TASK DIRECTIONS. Your task is to transcribe the entries below exactly, from their first line down to the line containing "-> Result<(), AllocError>", and to stop there.

PROVIDED MATERIAL.
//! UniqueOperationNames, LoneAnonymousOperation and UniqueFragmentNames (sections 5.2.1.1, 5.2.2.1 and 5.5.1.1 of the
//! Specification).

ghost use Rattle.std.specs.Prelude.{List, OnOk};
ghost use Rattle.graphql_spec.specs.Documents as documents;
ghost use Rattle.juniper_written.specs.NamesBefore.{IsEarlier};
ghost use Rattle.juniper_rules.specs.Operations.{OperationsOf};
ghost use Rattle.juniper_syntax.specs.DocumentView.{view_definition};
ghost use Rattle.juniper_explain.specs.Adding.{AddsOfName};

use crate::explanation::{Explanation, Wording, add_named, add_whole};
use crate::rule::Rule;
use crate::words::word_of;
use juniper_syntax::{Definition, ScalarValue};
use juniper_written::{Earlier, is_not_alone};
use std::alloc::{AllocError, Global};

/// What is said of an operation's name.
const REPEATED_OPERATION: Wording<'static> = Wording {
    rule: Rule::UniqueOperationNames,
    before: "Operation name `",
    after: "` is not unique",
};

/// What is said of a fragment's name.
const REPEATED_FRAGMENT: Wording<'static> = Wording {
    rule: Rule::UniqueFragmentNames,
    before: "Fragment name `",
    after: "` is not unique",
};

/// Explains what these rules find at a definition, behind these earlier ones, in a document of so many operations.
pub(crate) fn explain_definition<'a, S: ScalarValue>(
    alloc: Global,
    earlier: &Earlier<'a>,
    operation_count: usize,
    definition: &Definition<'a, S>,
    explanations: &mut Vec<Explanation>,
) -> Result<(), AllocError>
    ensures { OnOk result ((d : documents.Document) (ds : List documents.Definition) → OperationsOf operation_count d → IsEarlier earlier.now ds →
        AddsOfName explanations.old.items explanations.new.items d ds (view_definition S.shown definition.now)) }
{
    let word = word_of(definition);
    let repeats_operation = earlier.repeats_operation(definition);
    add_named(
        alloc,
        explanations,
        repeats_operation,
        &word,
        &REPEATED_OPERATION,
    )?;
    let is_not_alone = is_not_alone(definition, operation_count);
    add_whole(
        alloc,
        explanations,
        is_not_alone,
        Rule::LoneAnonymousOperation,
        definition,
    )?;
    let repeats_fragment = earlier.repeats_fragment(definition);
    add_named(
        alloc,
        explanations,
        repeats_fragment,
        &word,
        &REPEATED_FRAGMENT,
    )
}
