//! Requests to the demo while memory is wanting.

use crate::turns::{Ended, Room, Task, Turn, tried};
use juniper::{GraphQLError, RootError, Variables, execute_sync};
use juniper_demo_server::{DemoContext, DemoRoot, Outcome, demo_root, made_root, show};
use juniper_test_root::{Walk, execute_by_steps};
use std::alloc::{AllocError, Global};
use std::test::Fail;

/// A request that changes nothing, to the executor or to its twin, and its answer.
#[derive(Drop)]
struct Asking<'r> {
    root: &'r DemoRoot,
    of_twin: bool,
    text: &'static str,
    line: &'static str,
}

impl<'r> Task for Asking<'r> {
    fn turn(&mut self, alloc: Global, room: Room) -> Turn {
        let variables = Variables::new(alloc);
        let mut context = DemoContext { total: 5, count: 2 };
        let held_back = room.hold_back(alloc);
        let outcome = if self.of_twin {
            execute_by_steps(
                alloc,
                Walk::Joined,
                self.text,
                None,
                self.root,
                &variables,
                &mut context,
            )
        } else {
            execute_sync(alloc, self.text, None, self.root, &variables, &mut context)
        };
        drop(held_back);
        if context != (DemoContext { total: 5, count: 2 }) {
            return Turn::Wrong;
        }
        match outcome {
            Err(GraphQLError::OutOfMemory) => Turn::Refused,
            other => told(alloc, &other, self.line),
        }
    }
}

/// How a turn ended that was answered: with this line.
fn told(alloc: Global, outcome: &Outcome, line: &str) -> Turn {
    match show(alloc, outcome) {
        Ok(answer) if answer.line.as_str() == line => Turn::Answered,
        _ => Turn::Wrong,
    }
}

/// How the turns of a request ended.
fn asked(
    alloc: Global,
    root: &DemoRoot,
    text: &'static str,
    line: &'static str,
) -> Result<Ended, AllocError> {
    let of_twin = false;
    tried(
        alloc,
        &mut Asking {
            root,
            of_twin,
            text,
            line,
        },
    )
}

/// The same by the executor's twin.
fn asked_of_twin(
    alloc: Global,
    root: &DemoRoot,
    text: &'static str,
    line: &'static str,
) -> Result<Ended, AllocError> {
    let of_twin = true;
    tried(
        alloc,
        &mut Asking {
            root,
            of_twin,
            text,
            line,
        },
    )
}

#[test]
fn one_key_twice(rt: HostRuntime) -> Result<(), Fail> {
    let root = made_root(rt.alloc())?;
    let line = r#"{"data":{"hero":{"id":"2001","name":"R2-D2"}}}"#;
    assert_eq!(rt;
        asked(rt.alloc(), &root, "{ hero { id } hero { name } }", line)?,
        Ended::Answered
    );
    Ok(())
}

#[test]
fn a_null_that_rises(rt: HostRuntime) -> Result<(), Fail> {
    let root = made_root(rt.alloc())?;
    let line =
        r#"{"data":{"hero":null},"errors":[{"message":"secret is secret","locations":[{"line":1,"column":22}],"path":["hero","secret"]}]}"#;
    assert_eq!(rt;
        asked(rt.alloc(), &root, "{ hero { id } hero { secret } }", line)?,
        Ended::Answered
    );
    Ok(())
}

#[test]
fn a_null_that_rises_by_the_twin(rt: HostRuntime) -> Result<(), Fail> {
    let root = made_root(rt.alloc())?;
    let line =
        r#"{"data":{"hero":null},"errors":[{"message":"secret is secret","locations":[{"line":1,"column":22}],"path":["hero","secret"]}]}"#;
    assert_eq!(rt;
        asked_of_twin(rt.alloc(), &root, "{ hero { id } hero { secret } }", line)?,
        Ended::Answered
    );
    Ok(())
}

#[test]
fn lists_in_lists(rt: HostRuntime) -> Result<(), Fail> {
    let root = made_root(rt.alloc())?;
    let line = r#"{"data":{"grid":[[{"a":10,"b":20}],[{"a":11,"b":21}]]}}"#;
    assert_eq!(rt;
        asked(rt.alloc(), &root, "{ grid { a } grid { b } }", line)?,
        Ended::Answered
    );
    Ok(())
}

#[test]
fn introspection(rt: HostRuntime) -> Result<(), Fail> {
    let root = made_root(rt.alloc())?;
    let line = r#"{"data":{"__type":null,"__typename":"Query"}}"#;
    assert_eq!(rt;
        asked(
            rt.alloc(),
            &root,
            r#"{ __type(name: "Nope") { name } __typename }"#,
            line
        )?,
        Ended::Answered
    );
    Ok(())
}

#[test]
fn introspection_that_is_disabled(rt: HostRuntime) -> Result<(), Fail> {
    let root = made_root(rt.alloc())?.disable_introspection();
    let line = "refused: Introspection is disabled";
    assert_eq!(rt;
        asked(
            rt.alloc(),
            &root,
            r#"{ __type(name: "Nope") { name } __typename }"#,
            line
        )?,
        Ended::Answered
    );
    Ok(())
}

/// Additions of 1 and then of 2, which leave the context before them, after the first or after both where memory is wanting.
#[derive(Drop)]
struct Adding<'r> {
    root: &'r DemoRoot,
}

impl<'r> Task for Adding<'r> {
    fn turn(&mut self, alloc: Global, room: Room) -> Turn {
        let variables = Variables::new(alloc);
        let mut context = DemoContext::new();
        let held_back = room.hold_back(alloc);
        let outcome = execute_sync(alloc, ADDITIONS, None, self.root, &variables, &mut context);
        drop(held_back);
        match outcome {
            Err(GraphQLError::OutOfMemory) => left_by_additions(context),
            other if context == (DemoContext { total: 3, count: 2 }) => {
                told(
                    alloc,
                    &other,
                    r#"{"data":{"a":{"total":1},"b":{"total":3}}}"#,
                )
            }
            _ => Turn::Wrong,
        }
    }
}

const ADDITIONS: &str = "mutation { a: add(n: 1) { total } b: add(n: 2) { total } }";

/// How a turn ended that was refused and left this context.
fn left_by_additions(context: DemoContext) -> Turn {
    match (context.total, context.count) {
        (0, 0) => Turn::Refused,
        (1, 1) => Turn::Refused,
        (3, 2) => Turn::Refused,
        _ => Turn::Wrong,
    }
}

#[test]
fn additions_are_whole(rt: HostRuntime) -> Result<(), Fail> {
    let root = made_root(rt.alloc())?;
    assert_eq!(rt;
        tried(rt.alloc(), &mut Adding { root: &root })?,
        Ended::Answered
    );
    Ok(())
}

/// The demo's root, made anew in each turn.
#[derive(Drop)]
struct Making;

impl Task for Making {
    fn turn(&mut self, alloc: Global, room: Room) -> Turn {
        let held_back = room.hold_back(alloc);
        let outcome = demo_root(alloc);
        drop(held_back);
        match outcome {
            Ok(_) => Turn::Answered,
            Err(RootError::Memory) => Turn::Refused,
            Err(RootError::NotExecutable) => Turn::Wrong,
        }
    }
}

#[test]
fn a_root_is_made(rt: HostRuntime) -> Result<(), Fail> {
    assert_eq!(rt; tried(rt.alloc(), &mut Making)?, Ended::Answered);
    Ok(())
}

RESPONSE TO THIS EXERCISE.
//! UniqueOperationNames, LoneAnonymousOperation and UniqueFragmentNames (sections 5.2.1.1, 5.2.2.1 and 5.5.1.1 of the
//! Specification).

ghost use Rattle.std.specs.Prelude.{List, OnOk};
ghost use Rattle.graphql_spec.specs.Documents as documents;
ghost use Rattle.juniper_written.specs.NamesBefore.{IsEarlier};
ghost use Rattle.juniper_rules.specs.Operations.{OperationsOf};
ghost use Rattle.juniper_syntax.specs.DocumentView.{view_definition};
ghost use Rattle.juniper_explain.specs.Adding.{AddsOfName};

use crate::explanation::{Explanation, Wording, add_named, add_whole};
use crate::rule::Rule;
use crate::words::word_of;
use juniper_syntax::{Definition, ScalarValue};
use juniper_written::{Earlier, is_not_alone};
use std::alloc::{AllocError, Global};

/// What is said of an operation's name.
const REPEATED_OPERATION: Wording<'static> = Wording {
    rule: Rule::UniqueOperationNames,
    before: "Operation name `",
    after: "` is not unique",
};

/// What is said of a fragment's name.
const REPEATED_FRAGMENT: Wording<'static> = Wording {
    rule: Rule::UniqueFragmentNames,
    before: "Fragment name `",
    after: "` is not unique",
};

/// Explains what these rules find at a definition, behind these earlier ones, in a document of so many operations.
pub(crate) fn explain_definition<'a, S: ScalarValue>(
    alloc: Global,
    earlier: &Earlier<'a>,
    operation_count: usize,
    definition: &Definition<'a, S>,
    explanations: &mut Vec<Explanation>,
) -> Result<(), AllocError>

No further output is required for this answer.